# Portugal-Wildcamping between Tavira and Faro?



## jiwawa (Jun 22, 2007)

Hi, does anyone have GPS for wildcamping between Tavira and Faro?


----------



## christine1310 (Apr 10, 2008)

I've got this for Manta Rota - other places on my link below.

N 37º 09.948' W 007º 14.098'


----------



## Glandwr (Jun 12, 2006)

There is one at Pedras del Ray about 5 miles west of Tavira and one just outside the perimeter fence of the airport. In a hurry now but will look up GPS later if you are interested in either

Dick


----------



## jiwawa (Jun 22, 2007)

Wow, awesome site Christine! Wish I was half as organised! Thanks for that, the Pedras d'el Rei looks good. 

Thanks Glandwr for your input - I guess your P d'el R will be same as Christine. 

Think I'll pass on the airport one - the kids are flying in there Saturday but are hiring a car so we'll meet them somewhere quieter!


----------



## johnthompson (Jul 29, 2010)

The wild parking at Faro airport is at the far end of the runway, near the bridge to Faro Island. We had two very quiet nights there in February.
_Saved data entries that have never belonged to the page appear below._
/// Adds a copy of the rule that is put, if one is, behind the others.
fn with_put(alloc: Global, rules: Vec<Rule>, rule: Option<&Rule>) -> Result<Vec<Rule>, Unavailable>
    ensures { IfOk result (λ all. all.items ≡ rules.items ++ option_to_list (option_map (λ put. put.now) rule.entry)) }
{
    match rule {
        Some(rule) => {
            let mut all = rules;
            let Ok(()) = all.push(copy_rule(alloc, rule)?) else {
                return Err(Unavailable);
            };
            Ok(all)
        }
        None => Ok(rules),
    }
}

/// The rules of an accession, in order, as the change would leave them.
fn changed(
    alloc: Global,
    rules: &[Rule],
    rehearsal: &Rehearsal<'_>,
) -> Result<Items<Rule>, Unavailable>
    ensures order { IfOk result AreInOrder }
    ensures those { IfOk result (λ later. (rule : KeptRule) → Contains later rule
        ↔ ((Contains rules.now rule × (is_there (place_at rehearsal.now.band rehearsal.now.scope rehearsal.now.rank) rule ≡ false))
        ⊎ (option_map (λ put. put.now) rehearsal.now.rule ≡ Some rule))) }
{
    let kept = without(alloc, rules, rehearsal)?;
    let later = with_put(alloc, kept, rehearsal.rule)?;
    match ordered(later) {
        Some(ordered) => Ok(ordered),
        None => Err(Unavailable),
    }
}

/// Whether two effects are the same.
fn is_same(one: Effect, other: Effect) -> bool
    ensures { result ≡ same_effect one other }
{
    match (one, other) {
        (Effect::Deny, Effect::Deny) => true,
        (Effect::List, Effect::List) => true,
        (Effect::Read, Effect::Read) => true,
        _ => false,
    }
}

/// Adds to the lines the one for a file of an accession and an audience, if the effects of the verdicts before and
/// after differ.
fn with_difference(
    alloc: Global,
    lines: Vec<Difference>,
    accession: u32,
    file: &Found,
    audience: Audience,
    verdicts: (Verdict, Verdict),
) -> Result<Vec<Difference>, Unavailable>
    ensures { IfOk result (λ all. all.items ≡ lines.items ++ cond (same_effect verdicts.0.effect verdicts.1.effect) []
        (record { accession = accession; slot = file.now.slot; name = file.now.name; audience = audience; before = verdicts.0; after = verdicts.1 } ∷ [])) }
{
    let (before, after) = verdicts;
    if is_same(before.effect, after.effect) {
        return Ok(lines);
    }
    let mut all = lines;
    let line = Difference {
        accession,
        slot: file.slot,
        name: copy_text(alloc, &file.name)?,
        audience,
        before,
        after,
    };
    let Ok(()) = all.push(line) else {
        return Err(Unavailable);
    };
    Ok(all)
}

/// Adds to the lines those for a file of an accession, from the verdicts on it before and after.
fn with_file(
    alloc: Global,
    lines: Vec<Difference>,
    accession: u32,
    file: &Found,
    before: AudienceVerdicts,
    after: AudienceVerdicts,
) -> Result<Vec<Difference>, Unavailable>
    ensures { IfOk result (λ all. all.items ≡ lines.items ++ differences_of accession (with_verdicts_on file.now before) (with_verdicts_on file.now after)) }
{
    let public = (before.public, after.public);
    let room = (before.room, after.room);
    let staff = (before.staff, after.staff);
    let lines = with_difference(alloc, lines, accession, file, Audience::Public, public)?;
    let lines = with_difference(alloc, lines, accession, file, Audience::Room, room)?;
    with_difference(alloc, lines, accession, file, Audience::Staff, staff)
}

/// The differences in effect for the files of an accession on a day, between two lists of rules.
fn between(
    alloc: Global,
    accession: u32,
    day: i32,
    rules: &[Rule],
    later: &[Rule],
    files: &[Found],
) -> Result<Vec<Difference>, Unavailable>
    requires order { AreInOrder rules.now }
    requires later { AreInOrder later.now }
    ensures { IfOk result (λ lines. AreFileDifferences rules.now later.now day accession files.now lines.items) }
{
    let mut lines = Vec::new(alloc);
    for file in files {
        let before = verdicts_on(&[], rules, day, file);
        let after = verdicts_on(&[], later, day, file);
        lines = with_file(alloc, lines, accession, file, before, after)?;
    }
    Ok(lines)
}

/// The differences for the files of an accession, whose kind and deed the caller knows, and to whose rules the place belongs.
fn differences_at<S: Alter>(
    store: &mut Store<S>,
    alloc: Global,
    rehearsal: &Rehearsal<'_>,
    acc: u32,
    accession: Accession,
) -> Result<Vec<Difference>, Unavailable>
    requires known { IsOpen S.Store store.old → IsRegistered (desk S.Store store.old) acc accession }
    requires about { IsAbout acc accession.deed rehearsal.now.band rehearsal.now.scope }
    requires place { IfSome rehearsal.now.rule (λ rule. place_of rule.now ≡ place_at rehearsal.now.band rehearsal.now.scope rehearsal.now.rank) }
    ensures { Reads S.Store store.old store.new result (λ lines. AreDifferencesAt (desk S.Store store.old)
        (desk_changed (place_at rehearsal.now.band rehearsal.now.scope rehearsal.now.rank) (option_map (λ rule. rule.now) rehearsal.now.rule) (desk S.Store store.old)) rehearsal.now.day acc lines.items) }
{
    let loaded = load_rules(store, alloc, acc, accession)?;
    let later = changed(alloc, loaded.rules.as_slice(), rehearsal)?;
    let files = files(store, alloc, acc)?;
    between(
        alloc,
        acc,
        rehearsal.day,
        loaded.rules.as_slice(),
        later.as_slice(),
        files.as_slice(),
    )
}

/// Two lists of lines as one.
fn joined(lines: Vec<Difference>, more: Vec<Difference>) -> Result<Vec<Difference>, Unavailable>
    ensures { IfOk result (λ all. all.items ≡ lines.items ++ more.items) }
{
    let mut all = lines;
    for line in more {
        let Ok(()) = all.push(line) else {
            return Err(Unavailable);
        };
    }
    Ok(all)
}

/// Adds to the lines those for an accession, whose kind and deed the caller knows, where a rule of a deed would change.
/// It reads an accession only if it came by that deed.
fn with_accession<S: Alter>(
    store: &mut Store<S>,
    alloc: Global,
    lines: Vec<Difference>,
    rehearsal: &Rehearsal<'_>,
    acc: u32,
    accession: Accession,
) -> Result<Vec<Difference>, Unavailable>
    requires open_if_clean { IsClean S.Store store.old → IsOpen S.Store store.old }
    requires known { IsOpen S.Store store.old → IsRegistered (desk S.Store store.old) acc accession }
    requires band { rehearsal.now.band ≡ Band.Deed }
    requires place { IfSome rehearsal.now.rule (λ rule. place_of rule.now ≡ place_at rehearsal.now.band rehearsal.now.scope rehearsal.now.rank) }
    ensures { Reads S.Store store.old store.new result (λ all. AddsDifferencesAt (desk S.Store store.old)
        (desk_changed (place_at rehearsal.now.band rehearsal.now.scope rehearsal.now.rank) (option_map (λ rule. rule.now) rehearsal.now.rule) (desk S.Store store.old))
        rehearsal.now.day acc lines.items all.items) }
{
    // An accession of another deed takes no call. Then a crash leaves the desk as it is.
    store.between_calls();
    if accession.deed != rehearsal.scope {
        return Ok(lines);
    }
    let more = differences_at(store, alloc, rehearsal, acc, accession)?;
    joined(lines, more)
}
Cars come and park on the top of a mound there to watch the planes take off after they have dropped the people who are catching the planes.
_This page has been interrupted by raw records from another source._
impl<'a> Replacement<'a> {
    pub(crate) fn new(
        alloc: Global,
        places: DiskPlaces<HostRuntime>,
        home: Option<Home>,
        folder: &'a DiskFolder<HostRuntime>,
        before: &'a SubPrint<'a>,
        staged: &'a Staged,
        source: &'a str,
    ) -> Replacement<'a>
        ensures places { (result.places ≡ places) × (result.home ≡ home) }
        ensures folder { result.folder.now ≡ folder.now }
        ensures trees { (result.before.now ≡ before.now) × (result.staged.now ≡ staged.now) }
        ensures source { result.source.now ≡ source.now }
        ensures nothing { (result.looks.items ≡ []) × (result.is_aside ≡ false) × (result.is_late ≡ false) × (result.refusal ≡ None) }
    {
        Replacement {
            places,
            home,
            folder,
            before,
            staged,
            source,
            looks: Vec::new(alloc),
            is_aside: false,
            is_late: false,
            refusal: None,
        }
    }

    /// Notes why the swap isn't made.
    fn refuse(&mut self, refusal: Refusal) -> io::Error
        ensures noted { self.new.refusal ≡ Some refusal }
        ensures failures { self.new.places.failures ≡ self.old.places.failures }
    {
        self.refusal = Some(refusal);
        io::Error::from(ErrorKind::Other)
    }

    /// Notes that the swap isn't made since the device failed, with this error.
    fn refuse_for(&mut self, e: io::Error) -> io::Error
        ensures noted { self.new.refusal ≡ Some Refusal.Device }
        ensures failures { self.new.places.failures ≡ self.old.places.failures }
        ensures same { result ≡ e }
    {
        self.refusal = Some(Refusal::Device);
        e
    }

    /// Why a call of the swap failed last, as far as the system says.
    pub(crate) fn cause(&self) -> Cause
        ensures { result ≡ self.now.places.cause }
    {
        self.places.cause()
    }

    /// Where the permission bits of the new tree come from.
    fn bits(&self) -> io::Result<Bits<'a>>
        ensures plain { IfOk result (λ bits. IfSome bits.kept (λ kept. kept < 512)) }
        ensures source { IfOk result (λ bits. bits.source ≡ Some self.now.source) }
    {
        let target = self.places.place(Spot::Target);
        Ok(Bits {
            kept: permissions_at(&self.places.files, target, Standing::File)?,
            source: Some(self.source),
            since: unflushed_since(&self.places.files),
        })
    }

    /// Puts what is staged at the new spot, and moves it to the target from there. What is at the target goes where nothing is
    /// staged. After a failure it is told what was refused, and `settle` brings the swap to its end.
    pub(crate) fn replace(&mut self) -> Result<(), Failed> {
        let is_wanted = !self.is_deletion();
        if is_wanted {
            self.put_together()?;
        }
        move_in(self, is_wanted)
    }

    /// Puts what is staged at the new spot. After a failure the spot is cleared, where that can be done.
    fn put_together(&mut self) -> Result<(), Failed> {
        let done = self.write_new();
        let written = self.places.counted(&done);
        if written.is_err() {
            let _ = self.remove(Spot::New);
        }
        written
    }

    /// Writes what is staged to the new spot. Where pieces have stored some of it, the rest is written beside that, and all of it
    /// is moved to the new spot then.
    fn write_new(&self) -> io::Result<()> {
        self.places.check_home(self.home)?;
        let bits = self.bits()?;
        let files = &self.places.files;
        let new = self.places.place(Spot::New);
        if self.staged.is_held() {
            return complete_tree(files, self.staged.rows(), new, &bits);
        }
        let stage = self.places.stage()?;
        complete_tree(files, self.staged.rows(), stage.as_str(), &bits)?;
        fs::rename(files, stage.as_str(), new)
    }

    /// Compares what lies at the target, and moves it aside. Where that was changed in between, it is put back; and where
    /// something else has come there by then, it is kept. Of a deletion a mark says until it was looked at that it isn't to be
    /// removed: a stop in between would look like one that ended.
    fn set_aside(&mut self) -> io::Result<()>
        ensures { self.new.places.failures ≡ self.old.places.failures }
    {
        self.compare()?;
        self.places.check_home(self.home)?;
        if self.is_deletion() {
            self.places.mark()?;
        }
        match self.places.move_over(Spot::Target, Spot::Old) {
            Ok(()) => {}
            // it went after it was compared
            Err(e) if e.kind() == ErrorKind::NotFound => return Err(self.refuse(Refusal::Changed)),
            Err(e) => return Err(e),
        }
        self.keep_or_put_back()
    }

    /// Keeps what was moved aside there, if it is what was compared; else it is put back.
    fn keep_or_put_back(&mut self) -> io::Result<()>
        ensures { self.new.places.failures ≡ self.old.places.failures }
    {
        match self.is_untouched() {
            Ok(true) => {
                self.is_aside = true;
                Ok(())
            }
            Ok(false) => {
                let _is_settled = self.go_back();
                Err(self.refuse(Refusal::Changed))
            }
            Err(e) => {
                let _is_settled = self.go_back();
                Err(self.refuse_for(e))
            }
        }
    }

    /// Looks whether the target holds what it has to, and keeps what was seen of its files.
    fn compare(&mut self) -> io::Result<()>
        ensures { self.new.places.failures ≡ self.old.places.failures }
    {
        let now = self.places.files.since_1970()?;
        let refusal = match compare(self.folder, self.places.files.alloc(), self.before, now) {
            Ok(_) if self.before.rows().is_empty() => Refusal::Changed,
            Ok(looks) => {
                self.looks = looks;
                return Ok(());
            }
            Err(SiteFault::Changed) => Refusal::Changed,
            Err(SiteFault::OutOfMemory) => Refusal::OutOfMemory,
            Err(SiteFault::Device) => Refusal::Device,
            Err(SiteFault::Misfit) => unreachable!(),
        };
        Err(self.refuse(refusal))
    }

    /// Whether nothing comes to the target.
    fn is_deletion(&self) -> bool {
        self.staged.wanted().is_empty()
    }

    /// Whether what lies aside may be removed: it is what was compared, and no mark says any more that it has to go back.
    fn may_go(&mut self) -> io::Result<bool>
        ensures { self.new.places.failures ≡ self.old.places.failures }
    {
        if !self.is_untouched()? {
            return Ok(false);
        }
        if self.is_deletion() {
            self.places.clear(Spot::New)?;
        }
        Ok(true)
    }

    /// Whether what lies aside is what was compared.
    fn is_untouched(&mut self) -> io::Result<bool>
        ensures { self.new.places.failures ≡ self.old.places.failures }
    {
        is_aside_untouched(&self.places, self.before, self.looks.as_mut_slice())
    }

    /// Moves the new tree to the target, where nothing lies. A file that replaces a file gets the permission bits that this one was
    /// moved aside with: somebody may have changed them since the new tree was written.
    fn put_in_place(&mut self) -> io::Result<()>
        ensures { self.new.places.failures ≡ self.old.places.failures }
    {
        // the original was gone before it could be moved aside
        if self.is_aside == self.before.rows().is_empty() {
            return Err(self.refuse(Refusal::Changed));
        }
        self.places.check_home(self.home)?;
        if self.is_aside {
            self.places.keep_bits()?;
        }
        match self.places.move_over(Spot::New, Spot::Target) {
            Err(e) if is_taken(&e) => Err(self.refuse(Refusal::Changed)),
            done => done,
        }
    }

    /// Removes what lies aside, unless it was changed since it was compared.
    fn remove_aside(&mut self) -> io::Result<()>
        ensures { self.new.places.failures ≡ self.old.places.failures }
    {
        match self.may_go() {
            Ok(true) => self.places.clear_or_keep(Spot::Old),
            Ok(false) => {
                self.is_late = true;
                Err(self.refuse(Refusal::Changed))
            }
            Err(e) => {
                self.is_late = true;
                Err(self.refuse_for(e))
            }
        }
    }

    /// Removes the new tree, unless the original still lies aside: as long as the new tree is there, recovery knows that the
    /// original has to go back.
    fn remove_new(&self) -> io::Result<()> {
        match self.places.look(Spot::Old)? {
            Standing::Nothing | Standing::CutOff => self.places.clear(Spot::New),
            Standing::Dir | Standing::File | Standing::Other => {
                Err(io::Error::from(ErrorKind::AlreadyExists))
            }
        }
    }

    /// What came of the swap, once what it leaves aside is settled.
    pub(crate) fn settle(&mut self, replaced: Result<(), Failed>) -> Result<(), SiteFault>
        ensures misfit { IfErr result (λ e. e ≢ SiteFault.Misfit) }
        ensures failed { IsErr replaced → IsErr result }
        ensures late { IsTrue self.old.is_late → IsErr result }
        ensures refused { IsErr replaced → IfSome self.old.refusal (λ refusal. IfErr result (λ e. e ≡ refusal_fault refusal)) }
    {
        if replaced.is_ok() {
            if self.is_late {
                self.put_back();
                return Err(fault_of(self.refusal.unwrap_or(Refusal::Changed)));
            }
            // what was to be removed was gone before
            if self.is_aside == self.before.rows().is_empty() {
                return Err(SiteFault::Changed);
            }
            self.close_top();
            return Ok(());
        }
        match self.refusal {
            Some(refusal) => {
                self.clean_up();
                Err(fault_of(refusal))
            }
            None => {
                self.places.end_unless_stranded();
                Err(SiteFault::Device)
            }
        }
    }

    /// Gives a directory that was put in place the permission bits that it couldn't be moved with.
    fn close_top(&self) {
        if let Ok(bits) = self.bits() {
            let target = self.places.place(Spot::Target);
            let _ = close_top(&self.places.files, self.staged.wanted(), target, &bits);
        }
    }

    /// Puts back what was changed aside after the new tree was put in place, unless others have taken the target by then. What
    /// they made of the new tree meanwhile is kept.
    fn put_back(&mut self) {
        let is_gone = self.is_deletion();
        let is_ours = !is_gone
            && self.is_as_staged(Spot::Target)
            && self.places.move_over(Spot::Target, Spot::New).is_ok();
        let is_free = is_gone || is_ours;
        if !is_free || self.places.move_over(Spot::Old, Spot::Target).is_err() {
            let _ = self.places.keep_for_notice(Spot::Old);
        }
        if is_gone {
            let _ = self.remove_new();
        } else if is_ours {
            if self.is_as_staged(Spot::New) {
                let _ = self.places.clear(Spot::New);
            } else {
                let _ = self.places.keep_for_notice(Spot::New);
            }
        }
    }

    /// Settles an original that lies aside, and only then removes the new tree: as long as that is there, recovery knows that
    /// the target isn't it.
    fn clean_up(&mut self) {
        let is_settled = match self.places.look(Spot::Old) {
            Ok(Standing::Nothing | Standing::CutOff) => true,
            Ok(_) => self.go_back(),
            Err(_) => false,
        };
        if is_settled {
            let _ = self.places.clear(Spot::New);
        }
    }

    /// Moves the original back to the target, or keeps it where it can't go back, since others have taken the target or its
    /// directory is gone. Where that fails the original stays aside and the new tree, or a mark, in its place, for recovery; what
    /// was to be deleted is kept rather.
    fn go_back(&self) -> bool {
        match self.places.move_over(Spot::Old, Spot::Target) {
            Ok(()) => true,
            Err(e) if is_taken(&e) || e.kind() == ErrorKind::NotFound => {
                self.places.drop_name(Spot::Old) || self.places.keep_for_notice(Spot::Old).is_ok()
            }
            Err(_) => { self.is_deletion() && self.places.keep_for_notice(Spot::Old).is_ok() }
        }
    }

    /// Whether what lies at a spot is the staged tree, by the stamps of its files.
    fn is_as_staged(&self, spot: Spot) -> bool {
        is_same_tree(
            &self.places.files,
            self.staged.wanted(),
            self.places.place(spot),
        )
        .unwrap_or(false)
    }
}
Anyone with a scanner or radio that will cover the Tower is on 120.075mhz AM

John


----------



## WildThingsKev (Dec 29, 2009)

christine1310 said:


> I've got this for Manta Rota - other places on my link below.
> 
> N 37º 09.948' W 007º 14.098'


That looks like a nice quiet spot, 2-3 miles from anywhere... land included!


----------



## jiwawa (Jun 22, 2007)

Well, we're in Pedras d'el Rei which is lovely. We walked down to the beach, saw the Anchor Graveyard, had a drink and wandered back. Lovely and peaceful. 
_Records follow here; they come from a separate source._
//! What is at a path of a tree, and below it.
ghost use Rattle.std.specs.Prelude.{◌≡◌, ◌∷◌, [], IfErr, IfOk, MatchResult};
ghost use Rattle.ts_model.specs.Trees.{listed};
ghost use Rattle.ts_tree.specs.Trees.{FilesFit, IsSubTreeBody, node_of};

use crate::tree::Node;
use std::alloc::{AllocError, Global};
use std::marker::Model;
use ts_model::items::Items;
use ts_model::row::{Content, Row};
use ts_name::Path;
use ts_table::SubTable;

/// What is at a path and below it, by paths relative to it: nothing, a file, or a directory with all below.
#[derive(Drop)]
pub struct SubTree {
    part: SubTable<Items<u8>>,
}

impl Model for SubTree {
    ghost use Rattle.std.specs.Prelude.{List, ℕ};
    ghost use Rattle.ts_model.specs.declared.row.Row.{Row};
    ghost use Rattle.ts_tree.specs.Trees.{IsSubTreeBody};

    ghost Value = { List (Row (List ℕ)) };

    ghost view = { λ t. t.part };

    ghost invariant = { λ t. IsSubTreeBody t.part };
}

impl SubTree {
    /// Nothing. It takes no memory.
    pub fn absent(alloc: Global) -> Self
        ensures { result ≡ [] }
    {
        SubTree {
            part: SubTable::absent(alloc),
        }
    }

    /// A directory with nothing below.
    pub fn dir(alloc: Global) -> Result<Self, AllocError>
        ensures ok { IfOk result (λ part. part ≡ record { path = []; content = Content.Dir } ∷ []) }
    {
        let part = SubTable::dir(alloc)?;
        let _rows = part.rows();
        Ok(SubTree { part })
    }

    /// A file of these bytes. Where memory runs out they are dropped.
    pub fn file(alloc: Global, bytes: Vec<u8>) -> Result<Self, AllocError>
        ensures ok { IfOk result (λ part. part ≡ record { path = []; content = Content.File bytes.items } ∷ []) }
    {
        let part = SubTable::file(alloc, Items::new(bytes))?;
        let _rows = part.rows();
        Ok(SubTree { part })
    }

    /// The same as a tree. It takes no memory.
    pub fn from_table(part: SubTable<Items<u8>>) -> Self
        requires { FilesFit part }
        ensures { result ≡ part }
    {
        let _rows = part.rows();
        SubTree { part }
    }

    /// The same as a table. It takes no memory.
    pub fn into_table(self) -> SubTable<Items<u8>>
        ensures table { result ≡ self }
        ensures lawful { IsSubTreeBody self }
    {
        let SubTree { part } = self;
        part
    }

    /// The rows, in path order. It takes no memory.
    pub fn rows(&self) -> &[Row<Items<u8>>]
        ensures rows { result.now ≡ self.now }
        ensures lawful { IsSubTreeBody self.now }
    {
        self.part.rows()
    }

    /// What is at a relative path; at the root what is at the part's own path. It takes no memory.
    pub fn get(&self, path: &Path) -> Node<'_>
        ensures { node_of result ≡ listed self.now path.now }
    {
        match self.part.get(path) {
            Content::Absent => Content::Absent,
            Content::Dir => Content::Dir,
            Content::File(bytes) => Content::File(bytes.as_slice()),
        }
    }

    /// The same once more.
    pub fn copy(&self, alloc: Global) -> Result<SubTree, AllocError>
        ensures { IfOk result (λ part. part ≡ self.now) }
    {
        let part = self.part.copy(alloc)?;
        Ok(SubTree { part })
    }
}
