//! Trees of directories and files with their bytes, and their text.
#![tactic(auto)]

pub mod data;
pub mod decoding;
pub mod encoding;
pub mod fault;
pub mod field;
mod frame;
pub mod reader;
mod subtree;
pub mod tree;

pub use decoding::decode;
pub use encoding::{encode, write_row};
pub use fault::TreeFault;
pub use frame::Frame;
pub use reader::TreeReader;
pub use subtree::SubTree;
pub use tree::{Node, Tree};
I'm surprised to hear the airport site is quiet. Tho it shouldn't bother me - I recently slept through an accident between 2 vehicles that happened about 10m from my sleeping head, and through the subsequent arrival of the ambulance, siren blaring! What chance of hearing our vehicle alarm, or the gas alarm?!?


----------



## christine1310 (Apr 10, 2008)

JWW said:


> Well, we're in Pedras d'el Rei which is lovely. We walked down to the beach, saw the Anchor Graveyard, had a drink and wandered back. Lovely and peaceful.
> 
> I'm surprised to hear the airport site is quiet. Tho it shouldn't bother me - I recently slept through an accident between 2 vehicles that happened about 10m from my sleeping head, and through the subsequent arrival of the ambulance, siren blaring! What chance of hearing our vehicle alarm, or the gas alarm?!?


Glad you like it at Pedras d'el Rei. Manta is similar but you have to pay, however, they do have an EHU at the end of the aire for recharging. The airport site is actually at Faro Island, you can drive across the bridge if your vehicle is under 3500kg and park in the small car park on the right, toilets and cafes opposite. It's surprising but it is quite and great for looking at the panes taking off, although I prefer sitting on the beach and looking out to sea.

Christine


----------